| PROMPT |
The required result is the number of lines in this material containing the word "Said". Write that number and no other text.

| TASK INPUTS |
┄┄┄┄┄┄┄┄┄┄
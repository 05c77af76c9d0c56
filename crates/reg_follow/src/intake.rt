// Takes the lines of a log as they come, and publishes their records to views.
ghost use Rattle.std.specs.Prelude.{◌≡◌, ◌<◌, ◌++◌, List, ℕ, [], length, IfErr, IfOk, MatchBool, OnErr, OnOk};
ghost use Rattle.std.specs.FinSet.{empty};
ghost use Rattle.std.specs.Io.KnownBytes.{Keeps};
ghost use Rattle.reg_intake.specs.Pieces.{Gives, IsGiveFault};
ghost use Rattle.reg_records.specs.declared.record.Read.{Read};
ghost use Rattle.reg_follow.specs.Following.{Adds, ComesTo, GoesOn, HasTaken, IsStopped, TakesLine, published};

use reg_feed::{Copies, FeedName, FeedWriter, NoPlace};
use reg_intake::{Came, GiveError, Incoming, IntakeError, Pieces};
use reg_node::{Draw, NodeView, Take, Taken};
use reg_records::Read;
use std::alloc::{AllocError, Global};
use std::marker::Model;
use std::sync::Wait;

/// How many lines are taken at a time at most.
const LINES_AT_ONCE: u64 = 1_000;

/// Why no more lines were taken at a time.
#[derive(Clone, Copy, Debug, PartialEq, Eq)]
pub enum Stop {
    /// 1,000 lines are enough for one time.
    Full,
    /// The next line isn't complete yet.
    Waits,
    /// An empty line ends the log.
    Ended,
}

/// Takes the lines of a log as they come, and publishes their records to a node's views. Each
/// record is a take (see `reg_node`) that has read none of the topic's items.
///
/// Contracts see the bytes that aren't read as lines yet, the published draws and the pending ones.
#[derive(Drop)]
pub struct Intake<M: FeedName<Draw, Taken>, U: Copies<Draw, Taken, M>, R: Wait + Drop> {
    alloc: Global,
    incoming: Incoming,
    // In a `Box`, since a struct that holds a `FeedWriter` itself gets no generated drop.
    out: Box<FeedWriter<Draw, Taken, M, U, R>>,
}

impl<M: FeedName<Draw, Taken>, U: Copies<Draw, Taken, M>, R: Wait + Drop> Model
    for Intake<M, U, R> {
    ghost use Rattle.std.specs.FinSet.{empty};
    ghost use Rattle.std.specs.Prelude.{◌≡◌};
    ghost use Rattle.reg_follow.specs.Following.{Following};

    ghost Value = { Following };

    ghost view = { λ i. record { unread = i.incoming; published = i.out.value.0; pending = i.out.value.1 } };

    ghost invariant = { λ i. M.first ≡ empty };
}

impl<M: FeedName<Draw, Taken>, U: Copies<Draw, Taken, M>, R: Wait + Drop> Intake<M, U, R> {
    /// Makes one that has taken nothing and publishes by `out`.
    pub fn new(alloc: Global, out: Box<FeedWriter<Draw, Taken, M, U, R>>) -> Intake<M, U, R>
        requires { (out.value ≡ ([], [])) × (M.first ≡ empty) }
        ensures { HasTaken [] [] result }
    {
        Intake {
            alloc,
            incoming: Incoming::new(alloc),
            out,
        }
    }

    /// Returns how many lines were read, up to `u64::MAX`.
    pub fn count(&self) -> u64
        ensures { result ≡ self.now.unread.count }
    {
        self.incoming.count()
    }

    /// Returns whether there are bytes that aren't read as lines yet.
    pub fn has_unread(&self) -> bool
        ensures { MatchBool result (0 < length self.now.unread.bytes) (self.now.unread.bytes ≡ []) }
    {
        !self.incoming.is_empty()
    }

    /// Makes a view of the node. It is refused if no place for a reader is left.
    pub fn view(&mut self) -> Result<NodeView<M, U>, NoPlace>
        ensures new { IfOk result (λ v. v ≡ []) }
        ensures same { self.new ≡ self.old }
    {
        let reader = self.out.reader()?;
        Ok(NodeView::new(self.alloc, reader))
    }

    /// Takes bytes that follow those before. The only error is out of memory; nothing has changed
    /// then.
    pub fn take(&mut self, bytes: &[u8]) -> Result<(), AllocError>
        ensures taken { (text : List ℕ) (read : List Read) → HasTaken text read self.old → OnOk result (HasTaken (text ++ bytes.now) read self.new) }
        ensures list { (self.new.published ≡ self.old.published) × (self.new.pending ≡ self.old.pending) }
        ensures refused { OnErr result (self.new ≡ self.old) }
    {
        self.incoming.take(bytes)
    }

    /// Takes what one read of a reader gives and returns how many bytes that is; 0 at the reader's
    /// end. Fails if the reader does, or if memory is refused; nothing has changed then.
    pub fn take_from<B: Pieces>(&mut self, reader: &mut B) -> Result<usize, GiveError>
        ensures given { IfOk result (Gives (B.remaining reader.old) (B.remaining reader.new) self.old.unread self.new.unread) }
        ensures list { (self.new.published ≡ self.old.published) × (self.new.pending ≡ self.old.pending) }
        ensures kept { OnErr result (Keeps (B.remaining reader.old) (B.remaining reader.new)) }
        ensures same { OnErr result (self.new ≡ self.old) }
        ensures fault { IfErr result (IsGiveFault B.fails reader.old reader.new) }
    {
        reader.give_to(&mut self.incoming)
    }

    /// Reads complete lines, 1,000 at most, and publishes their records at once. It may block on
    /// views that read an older list.
    ///
    /// Fails at a faulty line, or if memory is refused. A line may then have been read whose record
    /// isn't published; no record after it is published.
    pub fn publish_lines(&mut self) -> Result<Stop, IntakeError>
        ensures taken { (text : List ℕ) (read : List Read) → HasTaken text read self.old → IfOk result (λ stop. GoesOn text read stop self.old self.new × (self.new.pending ≡ [])) }
        ensures refused { (text : List ℕ) (read : List Read) → HasTaken text read self.old → IfErr result (λ e. IsStopped text read e self.new) }
    {
        let stop = self.append_lines()?;
        match self.publish() {
            Ok(()) => Ok(stop),
            Err(AllocError) => Err(IntakeError::OutOfMemory),
        }
    }

    /// Publishes what is pending. The only error is out of memory; nothing has changed then.
    fn publish(&mut self) -> Result<(), AllocError>
        ensures published { OnOk result (self.new ≡ published self.old) }
        ensures refused { OnErr result (self.new ≡ self.old) }
    {
        if self.out.has_pending() {
            self.out.publish()?;
        }
        Ok(())
    }

    /// Reads complete lines, 1,000 at most, and appends their records.
    fn append_lines(&mut self) -> Result<Stop, IntakeError>
        ensures taken { (text : List ℕ) (read : List Read) → HasTaken text read self.old → IfOk result (λ stop. GoesOn text read stop self.old self.new) }
        ensures refused { (text : List ℕ) (read : List Read) → HasTaken text read self.old → IfErr result (λ e. IsStopped text read e self.new) }
    {
        for _line in 0..LINES_AT_ONCE {
            match self.append_line() {
                Ok(None) => {}
                Ok(Some(stop)) => return Ok(stop),
                Err(error) => return Err(error),
            }
        }
        Ok(Stop::Full)
    }

    /// Reads the next line and appends its record. Returns why it didn't if the line isn't complete
    /// or is empty.
    fn append_line(&mut self) -> Result<Option<Stop>, IntakeError>
        ensures taken { (text : List ℕ) (read : List Read) → HasTaken text read self.old → IfOk result (λ stop. TakesLine text read self.old stop self.new) }
        ensures refused { (text : List ℕ) (read : List Read) → HasTaken text read self.old → IfErr result (λ e. IsStopped text read e self.new) }
    {
        match self.next_line()? {
            Came::Line(read) => match self.append(read) {
                Ok(()) => Ok(None),
                Err(AllocError) => Err(IntakeError::OutOfMemory),
            },
            Came::Floor => Ok(None),
            Came::End => Ok(Some(Stop::Ended)),
            Came::Nothing => Ok(Some(Stop::Waits)),
        }
    }

    /// Reads the next line, if it is complete.
    fn next_line(&mut self) -> Result<Came, IntakeError>
        ensures came { (text : List ℕ) (read : List Read) → HasTaken text read self.old → IfOk result (λ came. ComesTo text read self.old came self.new) }
        ensures refused { (text : List ℕ) (read : List Read) → HasTaken text read self.old → IfErr result (λ e. IsStopped text read e self.new) }
    {
        self.incoming.next()
    }

    /// Appends the record of a line, if the line has one. The only error is out of memory.
    fn append(&mut self, read: Read) -> Result<(), AllocError>
        ensures added { OnOk result (Adds self.old read self.new) }
        ensures refused { OnErr result (self.new ≡ self.old) }
    {
        match read {
            Read::Foreign(_) => Ok(()),
            Read::Record(kept) => {
                let take = Take { read: 0, kept };
                match self.out.append(Draw::Take(take)) {
                    Ok(()) => Ok(()),
                    Err(_refused) => Err(AllocError),
                }
            }
        }
    }
}
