// Lines as a reader gives them.
ghost use Rattle.std.specs.Prelude.{◌≡◌, ◌≢◌, List, ℕ, IfErr, IfOk, OnErr};
ghost use Rattle.std.specs.Io.KnownBytes.{Keeps};
ghost use Rattle.std.specs.declared.io.ErrorKind.TheVariants.{Interrupted};
ghost use Rattle.reg_records.specs.declared.record.Read.{Read};
ghost use Rattle.reg_intake.specs.Pieces.{IsGiveFault};
ghost use Rattle.reg_intake.specs.declared.pieces.GiveError.TheVariants as gives;
ghost use Rattle.reg_follow.specs.Following.{EndsAs, EndsShown, Follows, HasLeft, HasTaken, IsFollowRefusal, IsShown, IsStopped, Publishes, TakesPiece};

use crate::course::Course;
use crate::ended::{FollowError, LinesEnd};
use crate::intake::{Intake, Stop};
use reg_feed::{Copies, FeedName};
use reg_intake::{GiveError, IntakeError, Pieces};
use reg_node::{Draw, Taken};
use std::io::ErrorKind;
use std::sync::Wait;

/// Takes the lines that a reader gives, until its end or an empty line, and publishes their records
/// as they come, up to 1,000 at once. `course` shows how many were taken.
///
/// Fails at a faulty line, if the reader fails other than by an interruption, or if memory is
/// refused.
pub fn follow_lines<B: Pieces, M: FeedName<Draw, Taken>, U: Copies<Draw, Taken, M>, R: Wait + Drop>(
    rt: &R,
    reader: &mut B,
    intake: &mut Intake<M, U, R>,
    course: &Course,
) -> Result<LinesEnd, FollowError>
    ensures followed { (text : List ℕ) (read : List Read) → HasTaken text read intake.old → IfOk result (λ end. Follows (B.remaining reader.old) (B.remaining reader.new) text read intake.new
        × EndsAs (B.remaining reader.old) (B.remaining reader.new) intake.new end) }
    ensures shown { (text : List ℕ) (read : List Read) → HasTaken text read intake.old → IsShown intake.old → IfOk result (EndsShown intake.new) }
    ensures refused { (text : List ℕ) (read : List Read) → HasTaken text read intake.old
        → IfErr result (IsFollowRefusal B.fails (B.remaining reader.old) (B.remaining reader.new) reader.new text read intake.new) }
{
    for _read in rt.forever() {
        match take_piece(reader, intake)? {
            Piece::Nothing => continue,
            Piece::End => return Ok(end_of(intake)),
            Piece::Bytes => {}
        }
        if !publish_all(rt, intake, course)? {
            return Ok(LinesEnd::EmptyLine);
        }
    }
    unreachable!()
}

/// The result of one read.
#[derive(Clone, Copy)]
pub(crate) enum Piece {
    /// It gave bytes.
    Bytes,
    /// It was interrupted.
    Nothing,
    /// The input has ended.
    End,
}

/// Takes what one read gives. Fails if the reader does, or if memory is refused.
fn take_piece<B: Pieces, M: FeedName<Draw, Taken>, U: Copies<Draw, Taken, M>, R: Wait + Drop>(
    reader: &mut B,
    intake: &mut Intake<M, U, R>,
) -> Result<Piece, GiveError>
    ensures taken { (text : List ℕ) (read : List Read) → HasTaken text read intake.old → IfOk result (TakesPiece (B.remaining reader.old) (B.remaining reader.new) text read intake.old intake.new) }
    ensures kept { OnErr result (Keeps (B.remaining reader.old) (B.remaining reader.new)) }
    ensures same { OnErr result (intake.new ≡ intake.old) }
    ensures fault { IfErr result (λ e. IsGiveFault B.fails reader.old reader.new e × (e ≢ gives.Read Interrupted)) }
{
    match intake.take_from(reader) {
        Ok(0) => Ok(Piece::End),
        Ok(_len) => Ok(Piece::Bytes),
        Err(error) => {
            if error == GiveError::Read(ErrorKind::Interrupted) {
                return Ok(Piece::Nothing);
            }
            Err(error)
        }
    }
}

/// Publishes the records of all complete lines. Returns `false` if an empty line ends the log.
fn publish_all<M: FeedName<Draw, Taken>, U: Copies<Draw, Taken, M>, R: Wait + Drop>(
    rt: &R,
    intake: &mut Intake<M, U, R>,
    course: &Course,
) -> Result<bool, IntakeError>
    ensures published { (text : List ℕ) (read : List Read) → HasTaken text read intake.old → IfOk result (λ goes_on. Publishes text read goes_on intake.new) }
    ensures refused { (text : List ℕ) (read : List Read) → HasTaken text read intake.old → IfErr result (λ e. IsStopped text read e intake.new) }
{
    for _time in rt.forever() {
        let stop = intake.publish_lines()?;
        course.note(intake.count());
        match stop {
            Stop::Full => {}
            Stop::Waits => return Ok(true),
            Stop::Ended => return Ok(false),
        }
    }
    unreachable!()
}

/// Returns where the lines ended, once the input has ended.
fn end_of<M: FeedName<Draw, Taken>, U: Copies<Draw, Taken, M>, R: Wait + Drop>(
    intake: &Intake<M, U, R>,
) -> LinesEnd
    ensures { HasLeft intake.now.unread.bytes result }
{
    if intake.has_unread() {
        LinesEnd::Unfinished
    } else {
        LinesEnd::Input
    }
}
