//! A read-only registry that follows the lines of a log which another process writes.
//!
//! One thread takes the lines as they come ([`follow_lines`]) and publishes their records to one
//! list; the desks of all ports answer from it and refuse commands. [`serve_lines`] starts the
//! thread and the ports.
//!
//! One idea: an answer is always that of the log's first n lines. Lines are published up to 1,000
//! at once, so a port may lag, but it never skips a line, and n never falls for a connection. A
//! faulty line ends the taking and then the program; the end of the input doesn't: the ports go on
//! with what they have.
//!
//! It doesn't open or watch files (its caller gives a reader), and it doesn't check that the
//! records are those that a registry's commands write.
//!
//! [`answers_are_of_first_lines`] is the theorem about answers, and [`follow_lines`] says in its
//! clause `followed` which lines were taken.
//!
//! Tests: `test_service`.
#![tactic(auto)]

mod course;
mod ended;
mod intake;
mod laws;
mod reading;
mod serving;

pub use course::Course;
pub use ended::{FollowError, LinesEnd};
pub use intake::{Intake, Stop};
pub use laws::answers_are_of_first_lines;
pub use reading::follow_lines;
pub use serving::{FollowDesk, serve_lines};
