// Commands in words.
use crate::words::{
    level_of, mode_of, parts_of, schema_of, scope_of, subject_in_words, version_of,
};
use reg_leader::Command;
use reg_leader::avro_schema::SchemaText;
use std::alloc::Global;
use test_tools::{CaseError, Said, cut, small_of};

fn import_command(alloc: Global, subject: &str, words: &str) -> Said<Command> {
    let (id, rest) = cut(words);
    let (version, schema) = cut(rest);
    let version = match version {
        "-" => None,
        _ => Some(small_of(version)?),
    };
    Ok(Command::ImportRegister {
        subject: subject_in_words(alloc, subject)?,
        text: SchemaText::new(alloc, schema_of(alloc, schema)?),
        id: small_of(id)?,
        version,
    })
}

/// A command that removes something or sets it.
fn other_command(alloc: Global, kind: &str, switch: bool, words: &str) -> Said<Command> {
    let (scope, rest) = cut(words);
    match kind {
        "delete" => Ok(Command::DeleteVersion {
            subject: subject_in_words(alloc, scope)?,
            version: version_of(rest)?,
            permanent: switch,
        }),
        "delete_all" => Ok(Command::DeleteSubject {
            subject: subject_in_words(alloc, words)?,
            permanent: switch,
        }),
        "set_level" => Ok(Command::SetLevel {
            subject: scope_of(alloc, scope)?,
            level: level_of(rest)?,
        }),
        "set_mode" => Ok(Command::SetMode {
            subject: scope_of(alloc, scope)?,
            mode: mode_of(rest)?,
            force: switch,
        }),
        _ => Err(CaseError::NotUnderstood),
    }
}

/// The command of those words.
pub fn command_in_words(alloc: Global, words: &str) -> Said<Command> {
    let (kind, switch, rest) = parts_of(words);
    let (subject, schema) = cut(rest);
    match kind {
        "register" => Ok(Command::Register {
            subject: subject_in_words(alloc, subject)?,
            text: SchemaText::new(alloc, schema_of(alloc, schema)?),
        }),
        "import" => import_command(alloc, subject, schema),
        "clear_level" => Ok(Command::ClearLevel(subject_in_words(alloc, rest)?)),
        "clear_mode" => Ok(Command::ClearMode(subject_in_words(alloc, rest)?)),
        "noop" => Ok(Command::Noop),
        _ => other_command(alloc, kind, switch, rest),
    }
}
┄┄┄┄┄┄┄┄┄┄
| THE ANSWER |
4